Dengan ditangkapnya MO, tak serta merta membebaskan BL dari dakwaan. BL ditahan di Rutan Pondok Bambu yang merupakan tahanan dewasa dan dituntut bersalah.
Tuntutan ini dibacakan oleh jaksa Agnes Renitha Butar Butar pada Rabu (21/6/2017) kemarin. BL dianggap melakukan penganiayaan terhadap anak yang menyebabkan meninggal seperti tertuang dalam Pasal 76 huruf c juncto Pasal 80 ayat (3) Undang-Undang Nomor 35 Tahun 2014 tentang Perlindungan Anak.
Keadilan untuk anak
Siti Zuma, pengacara dari Lembaga Bantuan Hukum (LBH) Apik yang mendampingi BL, menyebut bahwa tuntutan jaksa ini melebihi ancaman pidana maksimal dan hukum acara pidana.

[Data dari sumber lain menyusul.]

//! mps_global: `check` names a protocol's first fault, and deep and wide trees are dropped.
use crate::projections::{Part, branches, chain, in_front, more, protocol};
use crate::words::name;
use mps_base::Sort::Int;
use mps_global::{Branches, Global, GlobalFault, check, protocol_laws, size_laws};
use std::alloc::AllocGlobal;
use std::process::Abort;

// What `check` answers.
type Checked = Result<(), GlobalFault>;

// The check of what these roles may say is answered so.
fn is_checked(rt: &(impl Abort + AllocGlobal), roles: &[&str], body: Global, answer: Checked) {
    assert_eq!(rt;
        check(&protocol(rt, roles, body)),
        answer,
        "of the roles {roles:?}"
    );
}

// A message from `a` to `b`.
const SENT: &Part<'static> = &Part::Sent("a", "b", Int);

// So many of the part, one after the other.
fn many(rt: &(impl Abort + AllocGlobal), count: u32, part: &Part<'_>) -> Global {
    let mut body = Global::End;
    for _ in 0..count {
        body = in_front(rt, part, body);
    }
    body
}

const TWO: &[&str] = &["a", "b"];

// As many roles as there may be, and one more.
const EIGHT: &[&str] = &["a", "b", "c", "d", "e", "f", "g", "h"];

const NINE: &[&str] = &["a", "b", "c", "d", "e", "f", "g", "h", "i"];

// Roles, how many messages stand before the end, and the fault. With the end 63 are 64 levels, and 255 are 256 nodes.
const LEVELS: &[(&[&str], u32, Checked)] = &[
    // the fewest roles, and the most
    (TWO, 0, Ok(())),
    (EIGHT, 1, Ok(())),
    // the most levels, and more; then more nodes, which are told before levels
    (TWO, 63, Ok(())),
    (TWO, 64, Err(GlobalFault::TooDeep)),
    (TWO, 255, Err(GlobalFault::TooDeep)),
    (TWO, 256, Err(GlobalFault::TooManyNodes)),
    // the number of roles is told first, and then a name that stands twice
    (&["a"], 256, Err(GlobalFault::RoleCount)),
    (NINE, 0, Err(GlobalFault::RoleCount)),
    (&["a", "a"], 256, Err(GlobalFault::DoubleRole)),
    (&["b", "a", "b"], 0, Err(GlobalFault::DoubleRole)),
];

// `mps_global::check` allows 2 to 8 roles, 256 nodes and 64 levels, and names the first limit that is passed.
#[test]
fn the_first_limit_that_is_passed_is_named(rt: HostRuntime) {
    for (roles, messages, answer) in LEVELS {
        let found = check(&protocol(&rt, roles, many(&rt, *messages, SENT)));
        assert_eq!(rt; found, *answer, "{messages} messages of {roles:?}");
    }
}

// Messages of the roles a, b and c, one after the other, and the answer. No role is called z.
const MESSAGES: &[(&[Part<'static>], Checked)] = &[
    (
        &[Part::Sent("a", "b", Int), Part::Sent("b", "c", Int)],
        Ok(()),
    ),
    // one of the two is no role, also in the second message
    (&[Part::Sent("z", "b", Int)], Err(GlobalFault::UnknownRole)),
    (&[Part::Sent("a", "z", Int)], Err(GlobalFault::UnknownRole)),
    (
        &[Part::Sent("a", "b", Int), Part::Sent("a", "z", Int)],
        Err(GlobalFault::UnknownRole),
    ),
    // an unknown role is told before a message to itself, the first message before the second
    (&[Part::Sent("z", "z", Int)], Err(GlobalFault::UnknownRole)),
    (
        &[Part::Sent("a", "a", Int), Part::Sent("a", "z", Int)],
        Err(GlobalFault::SelfMessage),
    ),
    (
        &[Part::Sent("z", "z", Int), Part::Var("X")],
        Err(GlobalFault::UnknownRole),
    ),
];

// What these roles may say, which ends where no part is left, is checked so.
fn are_checked(
    rt: &(impl Abort + AllocGlobal),
    roles: &[&str],
    rows: &[(&[Part<'static>], Checked)],
) {
    for (row, (parts, answer)) in rows.iter().enumerate() {
        let found = check(&protocol(rt, roles, chain(rt, parts)));
        assert_eq!(rt; found, *answer, "row {row} (from 0)");
    }
}

// `mps_global::check` refuses a message of an unknown role, or of a role to itself, and names the first fault.
#[test]
fn a_message_of_unknown_or_equal_roles_is_refused(rt: HostRuntime) {
    are_checked(&rt, &NINE[..3], MESSAGES);
}

// As many labels as a choice may have.
const SIXTEEN: &[&str] = &[
    "l1", "l2", "l3", "l4", "l5", "l6", "l7", "l8", "l9", "l10", "l11", "l12", "l13", "l14", "l15",
    "l16",
];

// One label more.
const LABELS: &[&str] = &[
    "l1", "l2", "l3", "l4", "l5", "l6", "l7", "l8", "l9", "l10", "l11", "l12", "l13", "l14", "l15",
    "l16", "l17",
];

// 17 labels, of which the last is the first once more.
const FIRST_TWICE: &[&str] = &[
    "l1", "l2", "l3", "l4", "l5", "l6", "l7", "l8", "l9", "l10", "l11", "l12", "l13", "l14", "l15",
    "l16", "l1",
];

// Choices of the roles a, b and c, and the answer. No role is called z.
const CHOICES: &[(&[Part<'static>], Checked)] = &[
    // 16 labels, and 17
    (&[Part::Choice("a", "b", SIXTEEN)], Ok(())),
    (
        &[Part::Choice("a", "b", LABELS)],
        Err(GlobalFault::TooManyBranches),
    ),
    // a label twice, which is told before that there are too many
    (
        &[Part::Choice("a", "b", &["l", "m", "l"])],
        Err(GlobalFault::DoubleLabel),
    ),
    (
        &[Part::Choice("a", "b", FIRST_TWICE)],
        Err(GlobalFault::DoubleLabel),
    ),
    // no label
    (&[Part::Choice("a", "b", &[])], Err(GlobalFault::NoBranches)),
    // the roles are looked at before the labels
    (
        &[Part::Choice("a", "z", &["l", "l"])],
        Err(GlobalFault::UnknownRole),
    ),
    (
        &[Part::Choice("a", "a", &["l", "l"])],
        Err(GlobalFault::SelfMessage),
    ),
    // in the second branch
    (
        &[
            Part::Choice("a", "b", &["l", "m"]),
            Part::Choice("b", "a", &["l", "l"]),
        ],
        Err(GlobalFault::DoubleLabel),
    ),
];

// `mps_global::check` refuses a choice for its roles before its labels: one unknown, or both the same; then a label
// twice, more than 16, or none.
#[test]
fn the_roles_of_a_choice_are_checked_before_its_labels(rt: HostRuntime) {
    are_checked(&rt, &NINE[..3], CHOICES);
}

// Loops of the roles a and b, and the answer.
const VARIABLES: &[(&[Part<'static>], Checked)] = &[
    (
        &[Part::Rec("X"), Part::Sent("a", "b", Int), Part::Var("X")],
        Ok(()),
    ),
    // no `rec` of X
    (
        &[Part::Sent("a", "b", Int), Part::Var("X")],
        Err(GlobalFault::Unbound),
    ),
    (&[Part::Var("X")], Err(GlobalFault::Unbound)),
    // a `rec` of X in one of X
    (
        &[
            Part::Rec("X"),
            Part::Sent("a", "b", Int),
            Part::Rec("X"),
            Part::Sent("a", "b", Int),
            Part::Var("X"),
        ],
        Err(GlobalFault::Shadowed),
    ),
    // the message to z comes before the inner `rec`
    (
        &[Part::Rec("X"), Part::Sent("a", "z", Int), Part::Rec("X")],
        Err(GlobalFault::UnknownRole),
    ),
    // no message between a variable and its `rec`
    (
        &[Part::Rec("X"), Part::Var("X")],
        Err(GlobalFault::Unguarded),
    ),
    (
        &[Part::Rec("X"), Part::Rec("Y"), Part::Var("X")],
        Err(GlobalFault::Unguarded),
    ),
    (
        &[
            Part::Rec("X"),
            Part::Sent("a", "b", Int),
            Part::Rec("Y"),
            Part::Var("Y"),
        ],
        Err(GlobalFault::Unguarded),
    ),
    // a choice between them is enough
    (
        &[
            Part::Rec("X"),
            Part::Rec("Y"),
            Part::Choice("a", "b", &["l"]),
            Part::Var("X"),
        ],
        Ok(()),
    ),
];

// `mps_global::check` refuses a variable without its `rec` or right behind it, and a `rec` in one of its name. The laws
// `size_laws`, of the count of nodes and levels, and `protocol_laws`, of protocols without a fault, are called last: a
// law's call does nothing, it shows that others can call it so.
#[test]
fn a_variable_without_a_guarded_loop_is_refused(rt: HostRuntime) {
    are_checked(&rt, &NINE[..2], VARIABLES);
    size_laws();
    protocol_laws();
}

// A choice with one branch, which holds one, and so on.
const NESTED: &Part<'static> = &Part::Choice("a", "b", &["l"]);

// `mps_global::check` and dropping of `Global`: 150,000 levels run the stack out where a function calls itself for
// each, as one that drops a tree may. 63 choices in one another and the end are 64 levels, the most that `check`
// allows.
#[test]
fn a_deep_protocol_is_checked_and_dropped(rt: HostRuntime) {
    is_checked(&rt, TWO, many(&rt, 63, NESTED), Ok(()));
    is_checked(&rt, TWO, many(&rt, 64, NESTED), Err(GlobalFault::TooDeep));
    is_checked(
        &rt,
        TWO,
        many(&rt, 150_000, NESTED),
        Err(GlobalFault::TooManyNodes),
    );
    is_checked(
        &rt,
        NINE,
        many(&rt, 150_000, SENT),
        Err(GlobalFault::RoleCount),
    );
}

// So many branches of one label, of which each has so many choices in one another.
fn wide(rt: &(impl Abort + AllocGlobal), count: u32, levels: u32) -> Branches {
    let mut branches = Branches::NoMore;
    for _ in 0..count {
        branches = more(rt, "l", many(rt, levels, NESTED), branches);
    }
    branches
}

// A role's choice between these branches, with another role or by itself.
fn choice(rt: &impl Abort, from: &str, to: &str, branches: Branches) -> Global {
    Global::Choice {
        sender: name(rt, from),
        receiver: name(rt, to),
        branches,
    }
}

// `mps_global::check` and dropping of `Branches`: 150,000 branches run the stack out where a function calls itself for
// each, as one that drops a tree may. 300 branches with 300 choices in one another are deep and wide.
#[test]
fn a_wide_protocol_is_checked_and_dropped(rt: HostRuntime) {
    drop(wide(&rt, 150_000, 0));
    let body = choice(&rt, "l", "l", wide(&rt, 300, 300));
    is_checked(&rt, TWO, body, Err(GlobalFault::TooManyNodes));
}

// Whether the branches have these labels, and each ends.
fn are_ends(branches: &Branches, labels: &[&str]) -> bool {
    let mut rest = labels.iter();
    for (label, next) in branches.iter() {
        let is_label = rest
            .next()
            .is_some_and(|text| label.is_spelled(text.as_bytes()));
        if !is_label || !matches!(next, Global::End) {
            return false;
        }
    }
    rest.next().is_none()
}

// `mps_global::Branches::iter` gives each label with what follows it, in order.
#[test]
fn branches_are_walked_in_order(rt: HostRuntime) {
    let labels = &["l", "m", "n"];
    assert!(rt;
        are_ends(&branches(&rt, labels, Global::End), labels),
        "the labels l, m and n, each with an end"
    );
}

// A choice of eight labels. After the last of them come so many messages, and after each other 31.
fn eight(rt: &(impl Abort + AllocGlobal), last: u32) -> Global {
    let mut branches = Branches::NoMore;
    let mut messages = last;
    for label in LABELS[..8].iter().rev() {
        branches = more(rt, label, many(rt, messages, SENT), branches);
        messages = 31;
    }
    choice(rt, "a", "b", branches)
}

// `mps_global::check` counts the nodes of all branches, of which there may be 256: the choice, seven branches of 31
// messages and an end, and one of 30 and an end.
#[test]
fn the_nodes_of_all_branches_count(rt: HostRuntime) {
    is_checked(&rt, TWO, eight(&rt, 30), Ok(()));
    is_checked(&rt, TWO, eight(&rt, 31), Err(GlobalFault::TooManyNodes));
}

"Ancaman maksimal pasal 76C jo Pasal 80 ayat (3) UU Perlindungan Anak adalah 15 tahun dan untuk anak adalah setengahnya yaitu 7,5 tahun," kata Zuma ditemui di Pengadilan Negeri Jakarta Selatan, Kamis.
Jaksa penuntut umum dianggap tidak memiliki perspektif gender dan kepentingan terbaik untuk anak.
Selain itu, jaksa dianggap telah melanggar hukum acara karena mengabaikan kesaksian BL dalam sidang.
"Jadi tuntutan itu sudah disusun sebelum pemeriksaan terdakwa," kata Zuma.
Tuntutan itu dibacakan pada hari yang sama dengan pemberian keterangan BL. Dalam tuntutannya, jaksa menyebut keterangan BL berbelit-belit dan dianggap sebagai hal yang memberatkan.
Keluarga dan kuasa hukum berharap BL dibebaskan dari segala dakwaan. Sebab, menurut keluara dan kuasa hukum, BL tak menyadari bahwa ia hamil dan melahirkan.
Ini dianggap sebagai sebuah konsekuensi hidup di bawah kemiskinan dan tanpa akses pendidikan.
Direktur LBH Apik Jakarta Veni Siregar menyampaikan, BL adalah korban kemiskinan dan pemerkosaan sehingga ia seharusnya tak dihukum atas ketidaktahuannya itu.